What the task asks >>
In exact form, please repeat the records from their opening line down to the line with "ℤ) × Accepted", including that line.

Stored items >>

=== Section Start ===

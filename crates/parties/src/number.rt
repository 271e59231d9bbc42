// The parties of a sheet numbered.
ghost use Rattle.std.specs.Prelude.{◌≡◌, true, List, ◌<◌, ◌≤◌, ℤ, length};
ghost use Rattle.transport.specs.Limits.{max_side};
ghost use Rattle.transport.specs.Lists.{at};
ghost use Rattle.transport.specs.Sheet.{sheet_of};
ghost use Rattle.transport.specs.Statements.{Accepted};
ghost use Rattle.parties.specs.Parties.{Numbered, PartiesOf};

use crate::Parties;
use sheet::total_of;
use transport::MAX_SIDE;

// Writes the amounts of those left of one side, and their own numbers; gives how many they are.
fn number_left(amounts: &[u64], left: &mut [u64; MAX_SIDE], own: &mut [usize; MAX_SIDE]) -> usize
    requires { length amounts.now ≤ max_side }
    ensures { Numbered amounts.now result left.new own.new }
{
    let mut count = 0;
    for (k, &x) in amounts.iter().enumerate() {
        if x > 0 {
            left[count] = x;
            own[count] = k;
            count += 1;
        }
    }
    count
}

// The own number of the k-th of those left. Where all are left it is k: a loop that is told so need not look, and copies what lies side by side.
#[tactic(auto, unfolding(transport::specs::Lists::at))]
pub fn own_number(own: &[usize], all: bool, k: usize) -> usize
    requires { (k < length own.now) × (all ≡ true → at own.now k ≡ k) }
    ensures { result ≡ at own.now k }
{
    if all { k } else { own[k] }
}

// The parties left of a sheet that passed its check. Costs play no part.
pub fn number_parties(supply: &[u64], demand: &[u64]) -> Parties
    requires { (cost : List ℤ) × Accepted (sheet_of supply.now demand.now cost) }
    ensures { (cost : List ℤ) → PartiesOf (sheet_of supply.now demand.now cost) result }
{
    let mut supplies = [0; MAX_SIDE];
    let mut demands = [0; MAX_SIDE];
    let mut row_numbers = [0; MAX_SIDE];
    let mut column_numbers = [0; MAX_SIDE];
    let surplus = total_of(supply) - total_of(demand);
    let rows = number_left(supply, &mut supplies, &mut row_numbers);
    let cafes = number_left(demand, &mut demands, &mut column_numbers);
    let mut columns = cafes;
    if surplus > 0 {
        demands[cafes] = surplus;
        column_numbers[cafes] = demand.len();
        columns += 1;
    }
    Parties {
        rows,
        columns,
        cafes,
        supplies,
        demands,
        row_numbers,
        column_numbers,
    }
}
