//! What a command line asks for, read from its words.
#![tactic(auto)]

mod words;

pub use words::{Options, Request, read_demo, read_words};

=== Section End ===

Output >>
filename crates/parties/src/number.rt
repository 271e59231d9bbc42
// The parties of a sheet numbered.
ghost use Rattle.std.specs.Prelude.{◌≡◌, true, List, ◌<◌, ◌≤◌, ℤ, length};
ghost use Rattle.transport.specs.Limits.{max_side};
ghost use Rattle.transport.specs.Lists.{at};
ghost use Rattle.transport.specs.Sheet.{sheet_of};
ghost use Rattle.transport.specs.Statements.{Accepted};
ghost use Rattle.parties.specs.Parties.{Numbered, PartiesOf};

use crate::Parties;
use sheet::total_of;
use transport::MAX_SIDE;

// Writes the amounts of those left of one side, and their own numbers; gives how many they are.
fn number_left(amounts: &[u64], left: &mut [u64; MAX_SIDE], own: &mut [usize; MAX_SIDE]) -> usize
    requires { length amounts.now ≤ max_side }
    ensures { Numbered amounts.now result left.new own.new }
{
    let mut count = 0;
    for (k, &x) in amounts.iter().enumerate() {
        if x > 0 {
            left[count] = x;
            own[count] = k;
            count += 1;
        }
    }
    count
}

// The own number of the k-th of those left. Where all are left it is k: a loop that is told so need not look, and copies what lies side by side.
#[tactic(auto, unfolding(transport::specs::Lists::at))]
pub fn own_number(own: &[usize], all: bool, k: usize) -> usize
    requires { (k < length own.now) × (all ≡ true → at own.now k ≡ k) }
    ensures { result ≡ at own.now k }
{
    if all { k } else { own[k] }
}

// The parties left of a sheet that passed its check. Costs play no part.
pub fn number_parties(supply: &[u64], demand: &[u64]) -> Parties
    requires { (cost : List ℤ) × Accepted (sheet_of supply.now demand.now cost) }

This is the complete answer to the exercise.